# Exercise details:
Below are some entries; can you quote all of them exactly?

Excerpts from a dataset
┌──

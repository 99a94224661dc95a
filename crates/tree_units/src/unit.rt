ghost use Rattle.std.specs.Prelude.{◌≡◌, ◌≤ℤ◌, pos};
ghost use Rattle.tree_units.specs.Units.{factor_measure, is_whole, measure_of, multiplied, placed, raised, signed};
ghost use Rattle.unit_core.specs.Measure.{measure};
ghost use Rattle.unit_core.specs.Results.{map_ok};

use design_lexer::FactorTree;
use fault_list::{Fault, FaultKind};
use unit_core::{Unit, UnitFault};

/// The greatest power that may be written.
const MAX_WRITTEN: u128 = 9;

/// The unit that the factors write, worked out from the left, from the unit 1.
///
/// The first step that breaks a rule names the fault: `Unknown` at a name that no unit has, `Exponent` or
/// `ConstantRange` at `at`. A factor's steps are its name, its written power, the power, and the product or quotient.
pub fn unit_of(factors: &[FactorTree], at: u64) -> Result<Unit, Fault>
    ensures { map_ok measure result ≡ measure_of at factors.now }
{
    let mut unit = Unit::one();
    for factor in factors {
        unit = join(unit, factor, at)?;
    }
    Ok(unit)
}

/// Whether the size is a whole count of the grid's unit.
pub fn is_whole(unit: Unit) -> bool
    ensures { result ≡ is_whole (measure unit) }
{
    unit.size.den == 1
}

/// The unit multiplied by the factor, or divided by it.
fn join(unit: Unit, factor: &FactorTree, at: u64) -> Result<Unit, Fault>
    ensures { map_ok measure result ≡ multiplied at (measure unit) factor.now }
{
    let by = factor_unit(factor, at)?;
    if factor.divided {
        placed(unit.over(by), at)
    } else {
        placed(unit.times(by), at)
    }
}

/// The named unit, raised to the power that is written.
fn factor_unit(factor: &FactorTree, at: u64) -> Result<Unit, Fault>
    ensures { map_ok measure result ≡ factor_measure at factor.now }
{
    let Some(unit) = Unit::of(factor.name.name.as_str()) else {
        return Err(Fault {
            kind: FaultKind::Unknown,
            at: factor.name.at,
        });
    };
    raised(unit, factor.negative, factor.power, at)
}

/// The unit raised to the power that is written, if one is.
fn raised(unit: Unit, negative: bool, power: Option<u128>, at: u64) -> Result<Unit, Fault>
    ensures { map_ok measure result ≡ raised at (measure unit) negative power }
{
    let Some(power) = power else {
        return Ok(unit);
    };
    if power > MAX_WRITTEN {
        return Err(Fault {
            kind: FaultKind::Exponent,
            at,
        });
    }
    placed(unit.power(signed(negative, power as i32)), at)
}

/// The power with its sign.
fn signed(negative: bool, power: i32) -> i32
    requires not_negative { pos 0 ≤ℤ power }
    ensures { result ≡ signed negative power }
{
    if negative { -power } else { power }
}

/// The unit, or its fault with a place.
fn placed(unit: Result<Unit, UnitFault>, at: u64) -> Result<Unit, Fault>
    ensures { map_ok measure result ≡ placed at (map_ok measure unit) }
{
    match unit {
        Ok(unit) => Ok(unit),
        Err(UnitFault::Exponent) => Err(Fault {
            kind: FaultKind::Exponent,
            at,
        }),
        Err(UnitFault::Range) => Err(Fault {
            kind: FaultKind::ConstantRange,
            at,
        }),
    }
}
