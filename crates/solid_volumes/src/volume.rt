// The volumes of bodies.
ghost use Rattle.std.specs.Prelude.{◌≡◌, ◌+◌, ◌-◌, ◌*◌, ◌≤◌, length};
ghost use Rattle.file_field.specs.Field.{vec_at_of};
ghost use Rattle.file_part.specs.Layout.{polygon_count_of};
ghost use Rattle.file_part.specs.Part.{first_at, count_at_of, part_of};
ghost use Rattle.file_ok.specs.Work.{Readable};
ghost use Rattle.solid_bodies.specs.Body.{Labels};
ghost use Rattle.solid_volumes.specs.Volume.{pyramid, fan, Volumes};

use file_part::read::{entry_at, first_vertex, polygon_count, run_length, vertex, vertex_count};
use list_cells::fill;
use math::Vec3;

// The signed volume over a triangle, with its tip at zero.
fn pyramid_volume(a: Vec3, b: Vec3, c: Vec3) -> f64
    ensures { result ≡ pyramid a b c }
{
    a.dot(b.cross(c)) / 6.0
}

// The sum so far, with the triangles of a polygon's fan added one by one.
fn fan_volume(file: &[u8], at: usize, start: f64) -> f64
    requires fact_1 { at + 80 ≤ length file.now }
    requires fact_2 { 3 ≤ count_at_of file.now at }
    requires fact_3 { 24 * (first_at file.now at + count_at_of file.now at) ≤ length file.now }
    ensures { result ≡ fan (λ i. vec_at_of file.now (24 * i)) (first_at file.now at) start (count_at_of file.now at - 2) }
{
    let first = first_vertex(file, at);
    let tip = vertex(file, first);
    let mut sum = start;
    for k in 0..run_length(file, at) - 2 {
        sum += pyramid_volume(
            tip,
            vertex(file, first + k + 1),
            vertex(file, first + k + 2),
        );
    }
    sum
}

// The volume of each body, at the place of the number that it goes by. What the cells held before plays no part.
pub fn volumes(file: &[u8], labels: &[u32], volume: &mut [f64])
    requires fact_1 { Readable file.now }
    requires fact_2 { Labels (part_of file.now) labels.now }
    requires fact_3 { length volume.old ≡ polygon_count_of file.now }
    ensures { Volumes (part_of file.now) volume.new }
{
    fill(volume, 0.0);
    let vertices = vertex_count(file);
    let polygons = polygon_count(file);
    for p in 0..polygons {
        let b = labels[p] as usize;
        volume[b] = fan_volume(file, entry_at(vertices, p), volume[b]);
    }
}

└──

# Answer to this task:
repository 99a94224661dc95a
filename crates/tree_units/src/unit.rt
ghost use Rattle.std.specs.Prelude.{◌≡◌, ◌≤ℤ◌, pos};
ghost use Rattle.tree_units.specs.Units.{factor_measure, is_whole, measure_of, multiplied, placed, raised, signed};
ghost use Rattle.unit_core.specs.Measure.{measure};
ghost use Rattle.unit_core.specs.Results.{map_ok};

use design_lexer::FactorTree;
use fault_list::{Fault, FaultKind};
use unit_core::{Unit, UnitFault};

/// The greatest power that may be written.
const MAX_WRITTEN: u128 = 9;

/// The unit that the factors write, worked out from the left, from the unit 1.
///
/// The first step that breaks a rule names the fault: `Unknown` at a name that no unit has, `Exponent` or
/// `ConstantRange` at `at`. A factor's steps are its name, its written power, the power, and the product or quotient.
pub fn unit_of(factors: &[FactorTree], at: u64) -> Result<Unit, Fault>
    ensures { map_ok measure result ≡ measure_of at factors.now }
{
    let mut unit = Unit::one();
    for factor in factors {
        unit = join(unit, factor, at)?;
    }
    Ok(unit)
}

/// Whether the size is a whole count of the grid's unit.
pub fn is_whole(unit: Unit) -> bool
    ensures { result ≡ is_whole (measure unit) }
{
    unit.size.den == 1
}

/// The unit multiplied by the factor, or divided by it.
fn join(unit: Unit, factor: &FactorTree, at: u64) -> Result<Unit, Fault>
    ensures { map_ok measure result ≡ multiplied at (measure unit) factor.now }
{
    let by = factor_unit(factor, at)?;
    if factor.divided {
        placed(unit.over(by), at)
    } else {
        placed(unit.times(by), at)
    }
}

/// The named unit, raised to the power that is written.
fn factor_unit(factor: &FactorTree, at: u64) -> Result<Unit, Fault>
    ensures { map_ok measure result ≡ factor_measure at factor.now }
{
    let Some(unit) = Unit::of(factor.name.name.as_str()) else {
        return Err(Fault {
            kind: FaultKind::Unknown,
            at: factor.name.at,
        });
    };
    raised(unit, factor.negative, factor.power, at)
}

/// The unit raised to the power that is written, if one is.
fn raised(unit: Unit, negative: bool, power: Option<u128>, at: u64) -> Result<Unit, Fault>
    ensures { map_ok measure result ≡ raised at (measure unit) negative power }
{
    let Some(power) = power else {
        return Ok(unit);
    };
    if power > MAX_WRITTEN {
        return Err(Fault {
            kind: FaultKind::Exponent,
            at,
        });
    }
    placed(unit.power(signed(negative, power as i32)), at)
}

/// The power with its sign.
fn signed(negative: bool, power: i32) -> i32
    requires not_negative { pos 0 ≤ℤ power }
    ensures { result ≡ signed negative power }
{
    if negative { -power } else { power }
}

/// The unit, or its fault with a place.
fn placed(unit: Result<Unit, UnitFault>, at: u64) -> Result<Unit, Fault>
    ensures { map_ok measure result ≡ placed at (map_ok measure unit) }
{
    match unit {
        Ok(unit) => Ok(unit),
        Err(UnitFault::Exponent) => Err(Fault {
            kind: FaultKind::Exponent,
            at,
        }),
        Err(UnitFault::Range) => Err(Fault {
            kind: FaultKind::ConstantRange,
            at,
        }),
    }
}
filename crates/solid_volumes/src/volume.rt
// The volumes of bodies.
ghost use Rattle.std.specs.Prelude.{◌≡◌, ◌+◌, ◌-◌, ◌*◌, ◌≤◌, length};
ghost use Rattle.file_field.specs.Field.{vec_at_of};
ghost use Rattle.file_part.specs.Layout.{polygon_count_of};
ghost use Rattle.file_part.specs.Part.{first_at, count_at_of, part_of};
ghost use Rattle.file_ok.specs.Work.{Readable};
ghost use Rattle.solid_bodies.specs.Body.{Labels};
ghost use Rattle.solid_volumes.specs.Volume.{pyramid, fan, Volumes};

use file_part::read::{entry_at, first_vertex, polygon_count, run_length, vertex, vertex_count};
use list_cells::fill;
use math::Vec3;

// The signed volume over a triangle, with its tip at zero.
fn pyramid_volume(a: Vec3, b: Vec3, c: Vec3) -> f64
    ensures { result ≡ pyramid a b c }
{
    a.dot(b.cross(c)) / 6.0
}

// The sum so far, with the triangles of a polygon's fan added one by one.
fn fan_volume(file: &[u8], at: usize, start: f64) -> f64
    requires fact_1 { at + 80 ≤ length file.now }
    requires fact_2 { 3 ≤ count_at_of file.now at }
    requires fact_3 { 24 * (first_at file.now at + count_at_of file.now at) ≤ length file.now }
    ensures { result ≡ fan (λ i. vec_at_of file.now (24 * i)) (first_at file.now at) start (count_at_of file.now at - 2) }
{
    let first = first_vertex(file, at);
    let tip = vertex(file, first);
    let mut sum = start;
    for k in 0..run_length(file, at) - 2 {
        sum += pyramid_volume(
            tip,
            vertex(file, first + k + 1),
            vertex(file, first + k + 2),
        );
    }
    sum
}

// The volume of each body, at the place of the number that it goes by. What the cells held before plays no part.
pub fn volumes(file: &[u8], labels: &[u32], volume: &mut [f64])
    requires fact_1 { Readable file.now }
    requires fact_2 { Labels (part_of file.now) labels.now }
    requires fact_3 { length volume.old ≡ polygon_count_of file.now }
    ensures { Volumes (part_of file.now) volume.new }
{
    fill(volume, 0.0);
    let vertices = vertex_count(file);
    let polygons = polygon_count(file);
    for p in 0..polygons {
        let b = labels[p] as usize;
        volume[b] = fan_volume(file, entry_at(vertices, p), volume[b]);
    }
}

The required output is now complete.